O Henry

                       Witches' Loaves

   MISS MARTHA MEACHAM kept the little bakery on the comer (the one 
where you go up three steps, and the bell tinkles when you open the 
door).
   Miss Martha was forty, her bank-book showed a credit of two 
thousand dollars, and she possessed two false teeth and a sympathetic 
heart. Many people have married whose chances to do so were much 
inferior to Miss Martha's.
   Two or three times a week a customer came in in whom she began to 
take an interest. He was a middle-aged man, wearing spectacles and a 
brown beard trimmed to a careful point.
   He spoke English with a strong German accent. His clothes were worn 
and darned in places, and wrinkled and baggy in others. But he looked 
neat, and had very good manners.
   He always bought two loaves of stale bread. Fresh bread was five 
cents a loaf. Stale ones were two for five. Never did he call for 
anything but stale bread.
   Once Miss Martha saw a red and brown stain on his fingers.
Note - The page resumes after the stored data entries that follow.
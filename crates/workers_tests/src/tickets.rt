// Tickets at a station, and what becomes of them.

use crate::gates::{Log, Shut, audited};
use crate::posts::{Post, TestStation};
use answer_ticket::{Ending, Outcome, Stub, Ticket};
use server_workers::{Gate, Handled, Ledger, NoGate, Till};
use std::alloc::Global;
use std::sync::Wait;
use std::test::Fail;
use test_asserts::equal_at;
use worked_inputs::{booked, last_refused, next_refused};

/// How an answer ended that was settled, and how many tries the gate didn't let in.
type End = (Option<Ending>, u64);

/// At which gate a station answers, and what is told then.
#[derive(Clone, Copy)]
pub(crate) enum Answer {
    /// At none: how the answer ends.
    Freely(End),
    /// At one that notes who goes where: how the answer ends, and what was noted.
    Logged(End, u64),
    /// At one that lets in whoever asks for the time of this number, nobody where it is 0: how the answer ends, and how often the
    /// gate was asked for each gateway.
    ShutOut(u64, End, [u64; 2]),
    /// At one that asks the station when the worker has left: what is booked then.
    Audited(u64),
}

/// What becomes of a ticket.
#[derive(Clone, Copy)]
pub(crate) enum Fate {
    /// It is booked at once and settled.
    Settled,
    /// It is booked at once, and not settled.
    Booked,
    /// It is given up and settled.
    GivenUp,
    /// It is given up, and not settled.
    Lost,
    /// It is refused once and then given up, and not settled.
    RefusedAndLost,
    /// It is refused once, booked and settled.
    RefusedAndSettled,
    /// It is refused twice, by the last try too, and settled.
    RefusedTwice,
}

/// Whether a stub was settled, and the outcome.
type Ended = (bool, Outcome);

impl<B: Ledger, R: Wait> Post<'_, B, R> {
    /// The uplink with this number is answered, by the step at this place: what is told then is compared.
    pub(crate) fn answer(&mut self, place: usize, number: u64, answer: Answer) -> Result<(), Fail> {
        match answer {
            Answer::Freely(end) => equal_at(&place, &self.answer_at(number, &NoGate)?, &end),
            Answer::Logged(end, calls) => {
                equal_at(&place, &self.answer_logged(number)?, &(end, calls))
            }
            Answer::ShutOut(opens, end, asked) => {
                equal_at(&place, &self.answer_shut_out(number, opens)?, &(end, asked))
            }
            Answer::Audited(booked) => equal_at(&place, &self.answer_audited(number)?, &booked),
        }
    }

    /// How an answer ends, and who went where meanwhile.
    fn answer_logged(&mut self, number: u64) -> Result<(End, u64), Fail> {
        let log = Log::new();
        let end = self.answer_at(number, &log)?;
        Ok((end, log.calls()))
    }

    /// How an answer ends, and how often the gate was asked for each gateway.
    fn answer_shut_out(&mut self, number: u64, opens: u64) -> Result<(End, [u64; 2]), Fail> {
        let shut = Shut::new(opens);
        let end = self.answer_at(number, &shut)?;
        Ok((end, shut.asked()))
    }

    /// What the station told the gate that is booked when the worker had left.
    fn answer_audited(&mut self, number: u64) -> Result<u64, Fail> {
        let till = self.tills.last_mut().ok_or("there is a till")?;
        let (_, [_, booked]) = audited(self.rt, &self.station, till, number);
        Ok(booked)
    }

    /// Answers at a gate.
    fn answer_at<G: Gate>(&mut self, number: u64, gate: &G) -> Result<End, Fail> {
        let till = self.tills.last_mut().ok_or("there is a till")?;
        let mut overrun = 0;
        let handled = self
            .station
            .answer(self.rt, gate, number, till, &mut overrun);
        Ok((self.kept(handled)?, overrun))
    }

    /// Keeps a receipt; how the answer ended.
    fn kept(&mut self, handled: Handled<Global>) -> Result<Option<Ending>, Fail> {
        match handled {
            Handled::Settled(outcome, Some(receipt)) => {
                self.receipts.push(receipt)?;
                Ok(Some(outcome.result))
            }
            Handled::Settled(outcome, None) => Ok(Some(outcome.result)),
            _ => Ok(None),
        }
    }
}

impl<B: Ledger, R: Wait> Post<'_, B, R> {
    /// A ticket is taken for the uplink with this number: what becomes of it.
    pub(crate) fn take(&mut self, number: u64, fate: Fate) -> Result<Ended, Fail> {
        match fate {
            Fate::Settled => self.book(number, true),
            Fate::Booked => self.book(number, false),
            Fate::GivenUp => self.give_up(number, true),
            Fate::Lost => self.give_up(number, false),
            Fate::RefusedAndLost => self.give_up_late(number),
            Fate::RefusedAndSettled => self.book_late(number),
            Fate::RefusedTwice => self.use_up(number),
        }
    }

    /// A ticket is booked at once.
    fn book(&mut self, number: u64, is_settled: bool) -> Result<Ended, Fail> {
        let ticket = self.station.take(self.rt, number)?;
        self.try_last(ticket, is_settled)
    }

    /// A ticket is booked once it was refused.
    fn book_late(&mut self, number: u64) -> Result<Ended, Fail> {
        let ticket = self.refused(number)?;
        self.try_last(ticket, true)
    }

    /// A ticket is booked, and its receipt kept.
    fn try_last(&mut self, ticket: Ticket<Global>, is_settled: bool) -> Result<Ended, Fail> {
        let tried = self.station.try_once(self.rt, ticket);
        let (stub, receipt) = booked(tried).ok_or("it is booked")?;
        let ended = self.ended(stub, is_settled);
        self.receipts.push(receipt)?;
        Ok(ended)
    }

    /// A ticket that was refused once.
    fn refused(&self, number: u64) -> Result<Ticket<Global>, Fail> {
        let ticket = self.station.take(self.rt, number)?;
        let tried = self.station.try_once(self.rt, ticket);
        let (ticket, _) = next_refused(tried).ok_or("it is refused")?;
        Ok(ticket)
    }

    /// A ticket is given up at once.
    fn give_up(&mut self, number: u64, is_settled: bool) -> Result<Ended, Fail> {
        let ticket = self.station.take(self.rt, number)?;
        Ok(self.ended(ticket.give_up(), is_settled))
    }

    /// A ticket is given up once it was refused.
    fn give_up_late(&mut self, number: u64) -> Result<Ended, Fail> {
        let ticket = self.refused(number)?;
        Ok(self.ended(ticket.give_up(), false))
    }

    /// A ticket is refused twice, and has no try left then.
    fn use_up(&mut self, number: u64) -> Result<Ended, Fail> {
        let ticket = self.refused(number)?;
        let tried = self.station.try_once(self.rt, ticket);
        let (stub, _) = last_refused(tried).ok_or("it is refused to the last")?;
        Ok(self.ended(stub, true))
    }

    /// Ends a stub, by settling it if that is wanted and the station takes it: whether it did, and the outcome.
    pub(crate) fn ended(&mut self, stub: Stub, is_settled: bool) -> Ended {
        if !is_settled {
            return (false, stub.end());
        }
        match self.tills.last_mut() {
            Some(till) => settled(self.rt, &self.station, stub, till),
            None => (false, stub.end()),
        }
    }
}

/// Ends a stub, by settling it if the station takes it: whether it did, and the outcome.
fn settled<B: Ledger, R: Wait>(
    rt: &R,
    station: &TestStation<B>,
    stub: Stub,
    till: &mut Till<B>,
) -> Ended {
    match station.settle(rt, stub, till) {
        Ok(outcome) => (true, outcome),
        Err(stub) => (false, stub.end()),
    }
}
She was 
sure then that he was an artist and very poor. No doubt he lived in a 
garret, where he painted pictures and ate stale bread and thought of 
the good things to eat in Miss Martha's bakery.
   Often when Miss Martha sat down to her chops and light rolls and 
jam and tea she would sigh, and wish that the gentle-mannered artist 
might share her tasty meal instead of eating his dry crust in that 
draughty attic.
   Miss Martha's heart, as you have been told, was a sympathetic one.
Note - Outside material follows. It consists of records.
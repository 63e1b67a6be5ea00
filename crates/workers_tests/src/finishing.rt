// A station is finished, in one try or in several.

use crate::posts::{Post, totals_at};
use answer_ticket::Receipt;
use server_workers::{Closing, FinishCause, FinishFault, Ledger, Till};
use std::alloc::Global;
use std::sync::Wait;
use std::test::Fail;
use test_asserts::{equal, equal_at};
use worked_inputs::WorkedHasher;

/// With how many of the tills and with how many of the receipts a station is to be finished, the first of each, and why it
/// can't be, if so.
pub(crate) type Try = (usize, usize, Option<FinishCause>);

/// Why something isn't finished, if so, and what comes of it then: what it was, or what it is when it is finished.
type Tried<X, D> = (Option<FinishCause>, Result<D, X>);

/// What can be finished.
pub(crate) trait Finish: Drop + Sized {
    type Done: Drop;

    /// Tries to finish it with so many of its tills and so many of its receipts.
    fn finish(self, tills: usize, receipts: usize) -> Result<Tried<Self, Self::Done>, Fail>;
}

/// Has something be finished, and compares why it can't be: what comes of it, once it can.
pub(crate) fn finished<X: Finish>(open: X, tries: &[Try]) -> Result<Option<X::Done>, Fail> {
    let mut open = open;
    for (place, (tills, receipts, wanted)) in tries.iter().enumerate() {
        let (cause, left) = open.finish(*tills, *receipts)?;
        equal_at(&place, &cause, wanted)?;
        match left {
            Ok(done) => return Ok(Some(done)),
            Err(same) => open = same,
        }
    }
    Ok(None)
}

impl<B: Ledger, R: Wait> Finish for Post<'_, B, R> {
    type Done = Closing<WorkedHasher>;

    fn finish(
        self,
        tills: usize,
        receipts: usize,
    ) -> Result<Tried<Self, Closing<WorkedHasher>>, Fail> {
        let mut post = self;
        let mut later = kept_back(&mut post, tills)?;
        let before = totals_at(post.rt, &post.station);
        match finished_with(post, receipts) {
            Ok(closing) => Ok((None, Ok(closing))),
            Err((cause, same)) => {
                let mut post = same;
                // What is handed back has counted what it had.
                equal(&totals_at(post.rt, &post.station), &before)?;
                post.tills.append(&mut later)?;
                Ok((Some(cause), Err(post)))
            }
        }
    }
}

/// The tills that a station keeps back, all but so many.
fn kept_back<B: Ledger, R: Wait>(
    post: &mut Post<'_, B, R>,
    tills: usize,
) -> Result<Vec<Till<B>>, Fail> {
    if tills > post.tills.len() {
        return Err(Fail::from("there are fewer tills"));
    }
    Ok(post.tills.split_off(tills)?)
}

/// Has a station be finished with all its tills and so many of its receipts.
fn finished_with<'a, B: Ledger, R: Wait>(
    post: Post<'a, B, R>,
    lent: usize,
) -> Result<Closing<WorkedHasher>, (FinishCause, Post<'a, B, R>)> {
    let Post {
        rt,
        alloc,
        station,
        tills,
        receipts,
    } = post;
    match station.finish(alloc, tills, first_of(&receipts, lent)) {
        Ok(closing) => Ok(closing),
        Err(
            FinishFault {
                cause,
                station,
                tills,
            },
        ) => {
            let post = Post {
                rt,
                alloc,
                station,
                tills,
                receipts,
            };
            Err((cause, post))
        }
    }
}

/// So many of these receipts; all, where there are fewer.
fn first_of(receipts: &[Receipt<Global>], count: usize) -> &[Receipt<Global>] {
    receipts.get(..count).unwrap_or(receipts)
}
   In order to test her theory as to his occupation, she brought from 
her room one day a painting that she had bought at a sale, and set it 
against the shelves behind the bread counter.
   It was a Venetian scene. A splendid marble palazzio (so it said on 
me picture) stood in the foreground - or rather forewater. For the 
rest there were gondolas (with the lady trailing her hand in the 
water), clouds, sky, and chiaroscuro in plenty. No artist could fail 
to notice it.
   Two days afterward the customer came in.
   'Two loafs of stale bread, if you blease.
   'You haf here a fine bicture, madame,' he said while she was 
wrapping up the bread.
   'Yes?' says Miss Martha, revelling in her own cunning. 'I do so 
admire art and' (no, it would not do to say 'artists' thus early) 'and 
paintings,' she substituted. 'You think it is a good picture?'
   'Der balace,' said the customer, 'is not in good drawing. Der 
bairspective of it is not true. Goot morning, madame.'
   He took his bread, bowed, and hurried out.
   Yes, he must be an artist. Miss Martha took the picture back to her 
room.
   How gentle and kindly his eyes shone behind his spectacles! What a 
broad brow he had! To be able to judge perspective at a glance - and 
to live on stale bread! But genius often has to struggle before it is 
recognized.
What a thing it would be for art and perspective if genius were backed 
by two thousand dollars in the bank, a bakery, and a sympathetic heart 
to - But these were day-dreams, Miss Martha.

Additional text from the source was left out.